TIPS FOR USERS TO DETECT AI-GENERATED CONTENT
What to do when you encounter online content (image, audio, video or text) that you suspect could be AI-generated to convey disinformation? These tips come from the expertise of the EDMO’s network.
A quick checklist for reliable information
- Check fact-checking websites: has the same content already been verified by independent fact-checkers? If not, often you can submit the content for verification to fact-checkers through dedicate channels (e.g. messaging app numbers)
- Check traditional media: is the news conveyed by the content confirmed by other reliable independent sources?
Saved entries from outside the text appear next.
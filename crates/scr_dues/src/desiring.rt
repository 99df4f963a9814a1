//! What instances desire, whatever the reference (OSGi Compendium 8, chapter 112, "Target Services").
ghost use Rattle.prop_map.specs.Words.{with_places};
ghost use Rattle.scr_dues.specs.Desires.{all_desiring, are_desiring, desired_for_all, desiring_of, desiring_whiteboard};
ghost use Rattle.std.specs.Prelude.{◌≡◌, ◌++◌, IfOk, OnOk, map};

use crate::components::references_in;
use crate::desires::{choice_where_static, choices_from, desired_holding};
use crate::own_rows::OwnRows;
use crate::readiness::{bundle_of_instance, consumer_for};
use component_dto::Reference;
use component_state::Component;
use prop_map::{List, OutOfMemory};
use scr_world::{Instance, World, ends};
use std::alloc::Global;

/// What an instance desires.
#[derive(Debug, PartialEq, Eq, Drop)]
pub(crate) struct Desiring {
    /// The number of the bundle that the instance is of, 0 at the whiteboard's.
    pub bundle: u64,
    /// The numbers of the services that it desires.
    pub services: List<u64>,
}

fn desired_for_all(
    alloc: Global,
    own: &OwnRows,
    world: &World,
    ending: bool,
    instance: &Instance,
    references: &[Reference],
) -> Result<Vec<u64>, OutOfMemory>
    ensures { IfOk result (λ v. v.items ≡ desired_for_all ending world.now instance.now (with_places 0 references.now)) }
{
    let mut found = Vec::new(alloc);
    let mut choices = instance.origin.get().chosen.as_slice();
    for (at, reference) in references.iter().enumerate() {
        let place = at as u64;
        choices = choices_from(choices, place);
        let choice = choice_where_static(choices, place, reference);
        let held = instance.callbacks.held(&reference.name);
        let mut more = desired_holding(
            alloc, own, world, ending, instance, held, choice, place, reference,
        )?;
        found.append(&mut more)?;
    }
    Ok(found)
}

#[tactic(auto, unfolding(crate::specs::Desires::desiring_of))]
fn desiring_of(
    alloc: Global,
    own: &OwnRows,
    world: &World,
    instance: &Instance,
) -> Result<Desiring, OutOfMemory>
    ensures { IfOk result (λ d. d ≡ desiring_of world.now instance.now) }
{
    let ending = ends(world, instance);
    let references = references_in(own, world, instance);
    let services = desired_for_all(alloc, own, world, ending, instance, references)?;
    Ok(Desiring {
        bundle: bundle_of_instance(world, instance),
        services: List::of(services),
    })
}

#[tactic(auto, unfolding(crate::specs::Desires::desiring_whiteboard))]
fn desiring_whiteboard(alloc: Global, own: &OwnRows, world: &World) -> Result<Desiring, OutOfMemory>
    ensures { IfOk result (λ d. d ≡ desiring_whiteboard world.now) }
{
    let whiteboard = &world.whiteboard;
    let references = references_in(own, world, whiteboard);
    let services = desired_for_all(alloc, own, world, false, whiteboard, references)?;
    Ok(Desiring {
        bundle: 0,
        services: List::of(services),
    })
}

fn add_desiring(
    found: &mut Vec<Desiring>,
    alloc: Global,
    own: &OwnRows,
    world: &World,
    instances: &[Instance],
) -> Result<(), OutOfMemory>
    ensures { OnOk result (found.new.items ≡ found.old.items ++ map (desiring_of world.now) instances.now) }
{
    for instance in instances {
        found.push(desiring_of(alloc, own, world, instance)?)?;
    }
    Ok(())
}

// What each instance desires, the whiteboard's before the others.
#[tactic(auto, unfolding(crate::specs::Desires::all_desiring))]
pub(crate) fn all_desiring(
    alloc: Global,
    own: &OwnRows,
    world: &World,
) -> Result<Vec<Desiring>, OutOfMemory>
    ensures { IfOk result (λ v. v.items ≡ all_desiring world.now) }
{
    let mut found = Vec::new(alloc);
    found.push(desiring_whiteboard(alloc, own, world)?)?;
    add_desiring(&mut found, alloc, own, world, world.instances.as_slice())?;
    Ok(found)
}

// Whether one of them desires the service of a component configuration for a consumer.
pub(crate) fn are_desiring(
    desiring: &[Desiring],
    component: &Component,
    service: u64,
    consumer: u64,
) -> bool
    ensures { result ≡ are_desiring desiring.now component.now service consumer }
{
    desiring.iter().any(|one| {
        consumer_for(component, one.bundle) == consumer
            && one.services.as_slice().contains(&service)
    })
}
- Check the source of the content for warning signs (e.g. is it an anonymous account created/activated just a few days ago? Is it an account that consistently shares the same kind of AI-generated content? Is it an account that has no interaction in its comment sections?)
- Use tools to detect AI-generated content but do not rely exclusively on them: they are known to make mistakes.
AI-generated images
- Check the image for details that hint at it not being real, such as hands, fingers, eyes, shades, shapes, colors, background details, etc. Current technology often makes mistakes (improperly called “hallucinations”) in creating those details.
- Use reverse image search (a tutorial here) on search engines to find the origin of the image, i.e. when and where it appeared online for the first time.
AI-generated audio
- Listen carefully to the audio and pay attention to choices of words, intonation, breaths, unnatural pauses and other elements that can manifest anomalies.
AI-generated video
- Check the quality of the video, e.g. lip-sync, out of focus contours, unrealistic features etc., to spot alterations.
- Check the synchronization of audio and video, to spot the eventual addition of a fake audio on a real video.
- Use reverse image search (tutorial) to find the original video.
AI-generated text
- Do not take for granted the accuracy and veracity of answers from LLMs: they often miss the necessary information background to be thoroughly updated, and they are known to make mistakes and occasionally invent facts out of thin air (“hallucinations”).